После ужина было свободное время – единственная хоть сколько-нибудь сносная часть дня. Я поспешила к туалетам и умывальникам. Уродливые керамические раковины, напоминающие корыта для скота, тянулись вдоль стены умывальной комнаты. Я направилась к крану в дальнем углу. Бросив осторожный взгляд через плечо, налила воды в свою миску и поднесла к губам. Возможно, наполнив желудок водой, я смогу притупить в нём ощущение пустоты.
Стирая свою форму крошечным кусочком мыла, я представляла рядом маму. Видела, как она погружает одежду в горячую воду. Дома я иногда заставала её с куском щелочного мыла и стиральной доской. Мама пыталась отстирать канализационную грязь с юбки, блузки, чулок и туфель. Признак того, что накануне вечером она тайком вывозила детей из гетто.

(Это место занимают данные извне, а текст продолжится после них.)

// What writing is handed in words, and what it answers.
ghost use Rattle.std.specs.Prelude.{◌≡◌, ◌≤◌, [], ◌∷◌};
ghost use Rattle.message_words.specs.Writing.{link_message_of, link_words_for, is_link, written_code, written_words};

use crate::answers::{CALIBRATE, CALIBRATED, LOCK, LOCKED, SLAVE_PRESENT};
use refusal::Refusal;
use tlv::wr::LinkMessage;

// The link message in six words; a number that is none of the six is not this message's, and `is_link` refuses it.
pub fn link_message_of(w: &[u64; 6]) -> LinkMessage
    ensures { result ≡ link_message_of w.now }
{
    let number = w[0];
    match number {
        SLAVE_PRESENT => LinkMessage::SlavePresent,
        LOCK => LinkMessage::Lock,
        LOCKED => LinkMessage::Locked,
        CALIBRATE => LinkMessage::Calibrate {
            pattern: (w[1] % 256) as u8,
            retry: (w[2] % 256) as u8,
            period: (w[3] % 0x1_0000_0000) as u32,
        },
        CALIBRATED => LinkMessage::Calibrated { tx: w[4], rx: w[5] },
        _ => LinkMessage::ModeOn,
    }
}

// How many of the words have to be looked at: the number, and what a CALIBRATE carries; any deltaTx and deltaRx fit.
fn words_for(number: u64) -> usize
    ensures { (result ≡ link_words_for number) × (result ≤ 6) }
{
    if number == CALIBRATE { 4 } else { 1 }
}

// Whether words are those of the link message that is read out of them, each number within its field.
pub fn is_link(w: &[u64; 6]) -> bool
    ensures { result ≡ is_link w.now }
{
    let n = words_for(w[0]);
    let own = crate::answers::link_message_words(link_message_of(w));
    crate::are_same(&own[..n], &w[..n])
}

// How many octets the message has that was written.
fn length_words(n: usize) -> [u64; 1]
    ensures { result ≡ n ∷ [] }
{
    [n as u64]
}

pub fn put_written(out: &mut [u64; 1], x: Result<usize, Refusal>) -> u64
    ensures answer { result ≡ written_code x }
    ensures words { out.new ≡ written_words x out.old }
{
    words::put(out, x.map(length_words).map_err(refusal::answer))
}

Мама настаивала, что она и сама может всё отмыть, но я каждый раз вызывалась помочь. Вместе мы по нескольку раз меняли воду, оттирая малейшие частички грязи с её одежды, а затем мылись сами и чистили ванную сверху донизу. Потом я приносила одежду таты и свою, чтобы мы могли постирать её и повесить сушиться рядом с маминой. Вскоре Зофья и Кароль появлялись со своими грязными вещами, жалуясь на то, что мама отказывается отдавать вещи в прачечную.
Охранник приказал поторапливаться, поэтому я надела свою влажную форму и вышла, упрекая себя за то, что вспомнила родных. Ведь я знала, что всё это в прошлом.
С каждым днём я всё больше стремилась покинуть Аушвиц. Я не знала, как именно я это сделаю. Проходя мимо забора из колючей проволоки, я подумала об ударе током, но проскользнуть мимо сторожевых вышек было трудно, а если охранники заметят, что я подошла слишком близко к забору, они откроют огонь. Но если именно пуле суждено прервать моё существование, для этого были более простые способы, не связанные со смертью от удара электрическим током в случае нежелания охранников меня останавливать. Несмотря на решимость покинуть это место, я не была уверена, что у меня хватит смелости дотронуться до забора, мысль о такой смерти наводила ужас. Зачем воплощать в жизнь этот жуткий план, если я могу с тем же успехом попросить охранника пристрелить меня во время переклички или на трудовом задании? Возможно, мне стоило перестать есть, но в таком случае отец Кольбе заметит это и станет настаивать на том, что мне нужно поддерживать силы. А поскольку он делился со мной кусочками своего пайка, голодная смерть была ещё менее вероятна. На ходу я сдирала частички кожи с ободранных ладоней. Может быть, в раны попадёт инфекция, а может быть, я умру от истощения или болезни.
И нельзя забывать о Фриче. Как только он потеряет интерес к нашим играм, он избавится от меня.
Мои мысли занимали лишь усталость и тоска по семье. Я должна была покинуть Аушвиц, и единственно возможный путь лежал через трубы крематория.